(RECORD EXCERPTS Opens)
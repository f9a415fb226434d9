//! The bytes of a loaded cache file, taken one at a time.
ghost use Rattle.std.specs.Prelude.{◌≡◌, ◌+◌, ◌<◌, length, slice_index};
ghost use Rattle.bs_outside.specs.Images.{key_in};

use crate::{Bytes, Steps};
use std::marker::Model;
use std::sync::ledger::Ledger;

/// What a load found. Past the key its bytes are reached by `at` alone, which counts each.
#[derive(Drop)]
pub struct Image {
    bytes: Bytes,
}

impl Model for Image {
    ghost use Rattle.std.specs.Prelude.{List, ℕ};

    ghost Value = { List ℕ };

    ghost view = { λ a. a.bytes };
}

impl Image {
    /// An image of these bytes.
    pub fn new(bytes: Bytes) -> Image
        ensures { result ≡ bytes }
    {
        Image { bytes }
    }

    /// How many bytes it has.
    pub fn len(&self) -> u64
        ensures { result ≡ length self.now }
    {
        self.bytes.len() as u64
    }

    /// Its first 64 bytes, or nothing where it has fewer. This takes no byte in the sense of `Steps`.
    pub fn key(&self) -> Option<[u8; 64]>
        ensures { result ≡ key_in self.now }
    {
        self.bytes.as_slice().first_chunk::<64>().copied()
    }

    /// The byte at the place, counted from 0. Each call is one step.
    pub fn at<L: Ledger>(&self, place: u64, steps: &mut Steps<L>) -> u8
        requires { place < length self.now }
        ensures byte { result ≡ slice_index self.now place }
        ensures step { steps.new ≡ steps.old + 1 }
    {
        steps.tick();
        self.bytes.as_slice()[place as usize]
    }
}
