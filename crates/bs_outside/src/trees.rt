//! A tree of source files and folders.
ghost use Rattle.std.specs.Prelude.{◌≡◌, ◌+◌, ◌<◌, ◌≤◌, ◌^◌, ◌∷◌, ◌++◌, [], true, ℕ, List, Option, IfOk, OnOk, OnErr, IfSome, IsErrOf};
ghost use Rattle.std.specs.List.{All};
ghost use Rattle.bs_outside.specs.Told.{added, Rose};
ghost use Rattle.bs_outside.specs.Paths.{is_segment};
ghost use Rattle.bs_outside.specs.SourceTree.{SourceTree, stat_at, list_at, bytes_at};

use crate::{Bytes, Items, Text, TreeFault};
use std::alloc::Global;

/// What stands at a path.
#[derive(Drop, Debug, Clone, Copy, PartialEq, Eq)]
pub enum Kind {
    File,
    Dir,
}

/// What a stat tells. The size of a file is the number of its bytes, that of a folder is 0. The time of its last change is in seconds.
#[derive(Drop, Debug, Clone, Copy, PartialEq, Eq)]
pub struct Stat {
    pub kind: Kind,
    pub size: u64,
    pub mtime: u64,
}

/// A name in a folder.
#[derive(Drop, Debug)]
pub struct Listed {
    pub name: Text,
    pub kind: Kind,
}

/// The names in a folder, which contracts see as a list.
pub type Listing = Items<Listed>;

/// A file with its bytes and its time, or a folder with its time.
#[derive(Drop, Debug)]
pub enum Item {
    File(Bytes, u64),
    Dir(u64),
}

/// Files and folders, by their paths. No call changes them.
pub trait Tree {
    /// What stands at each path, where the object tells it.
    ghost contents: { Self → Option SourceTree };

    /// The paths of the stats so far that were answered.
    ghost stats: { Self → Option (List (List ℕ)) };

    /// The paths of the listings so far that were answered.
    ghost listings: { Self → Option (List (List ℕ)) };

    /// The paths of the reads so far that were answered.
    ghost reads: { Self → Option (List (List ℕ)) };

    /// How many calls failed.
    ghost faults: { Self → ℕ };

    /// What stands at the path, or nothing where nothing does.
    fn stat(&mut self, alloc: Global, path: &Text) -> Result<Option<Stat>, TreeFault>
        ensures answer { IfOk result (λ found. IfSome (contents self.old) (λ tree. found ≡ stat_at tree path.now)) }
        ensures time { IfOk result (λ found. IfSome found (λ stat. stat.mtime < 2 ^ 63)) }
        ensures contents { contents self.new ≡ contents self.old }
        ensures asked { OnOk result (stats self.new ≡ added (stats self.old) (path.now ∷ [])) }
        ensures err { OnErr result (stats self.new ≡ stats self.old) }
        ensures listings { listings self.new ≡ listings self.old }
        ensures reads { reads self.new ≡ reads self.old }
        ensures counted { faults self.old ≤ faults self.new }
        ensures failed { IsErrOf result TreeFault.Failed → Rose (faults self.old) (faults self.new) };

    /// The names in the folder at the path, each once, ascending by their bytes, or nothing where no folder stands there.
    fn list(&mut self, alloc: Global, path: &Text) -> Result<Option<Listing>, TreeFault>
        ensures answer { IfOk result (λ found. IfSome (contents self.old) (λ tree. found ≡ list_at tree path.now)) }
        ensures names { IfOk result (λ found. IfSome found (λ names. All (λ listed. is_segment listed.name ≡ true) names)) }
        ensures contents { contents self.new ≡ contents self.old }
        ensures asked { OnOk result (listings self.new ≡ added (listings self.old) (path.now ∷ [])) }
        ensures err { OnErr result (listings self.new ≡ listings self.old) }
        ensures stats { stats self.new ≡ stats self.old }
        ensures reads { reads self.new ≡ reads self.old }
        ensures counted { faults self.old ≤ faults self.new }
        ensures failed { IsErrOf result TreeFault.Failed → Rose (faults self.old) (faults self.new) };

    /// The bytes of the file at the path, or nothing where no file stands there.
    fn read(&mut self, alloc: Global, path: &Text) -> Result<Option<Bytes>, TreeFault>
        ensures answer { IfOk result (λ found. IfSome (contents self.old) (λ tree. found ≡ bytes_at tree path.now)) }
        ensures contents { contents self.new ≡ contents self.old }
        ensures asked { OnOk result (reads self.new ≡ added (reads self.old) (path.now ∷ [])) }
        ensures err { OnErr result (reads self.new ≡ reads self.old) }
        ensures stats { stats self.new ≡ stats self.old }
        ensures listings { listings self.new ≡ listings self.old }
        ensures counted { faults self.old ≤ faults self.new }
        ensures failed { IsErrOf result TreeFault.Failed → Rose (faults self.old) (faults self.new) };
}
(RECORD EXCERPTS Closes)
#### [TASK TO CARRY OUT]
Everything from the first line of the data through the line containing "steps.new ≡ steps.old" should be echoed exactly. Add nothing.

#### [EXPECTED OUTPUT]
repository f9a415fb226434d9
//! The bytes of a loaded cache file, taken one at a time.
ghost use Rattle.std.specs.Prelude.{◌≡◌, ◌+◌, ◌<◌, length, slice_index};
ghost use Rattle.bs_outside.specs.Images.{key_in};

use crate::{Bytes, Steps};
use std::marker::Model;
use std::sync::ledger::Ledger;

/// What a load found. Past the key its bytes are reached by `at` alone, which counts each.
#[derive(Drop)]
pub struct Image {
    bytes: Bytes,
}

impl Model for Image {
    ghost use Rattle.std.specs.Prelude.{List, ℕ};

    ghost Value = { List ℕ };

    ghost view = { λ a. a.bytes };
}

impl Image {
    /// An image of these bytes.
    pub fn new(bytes: Bytes) -> Image
        ensures { result ≡ bytes }
    {
        Image { bytes }
    }

    /// How many bytes it has.
    pub fn len(&self) -> u64
        ensures { result ≡ length self.now }
    {
        self.bytes.len() as u64
    }

    /// Its first 64 bytes, or nothing where it has fewer. This takes no byte in the sense of `Steps`.
    pub fn key(&self) -> Option<[u8; 64]>
        ensures { result ≡ key_in self.now }
    {
        self.bytes.as_slice().first_chunk::<64>().copied()
    }

    /// The byte at the place, counted from 0. Each call is one step.
    pub fn at<L: Ledger>(&self, place: u64, steps: &mut Steps<L>) -> u8
        requires { place < length self.now }
        ensures byte { result ≡ slice_index self.now place }
        ensures step { steps.new ≡ steps.old + 1 }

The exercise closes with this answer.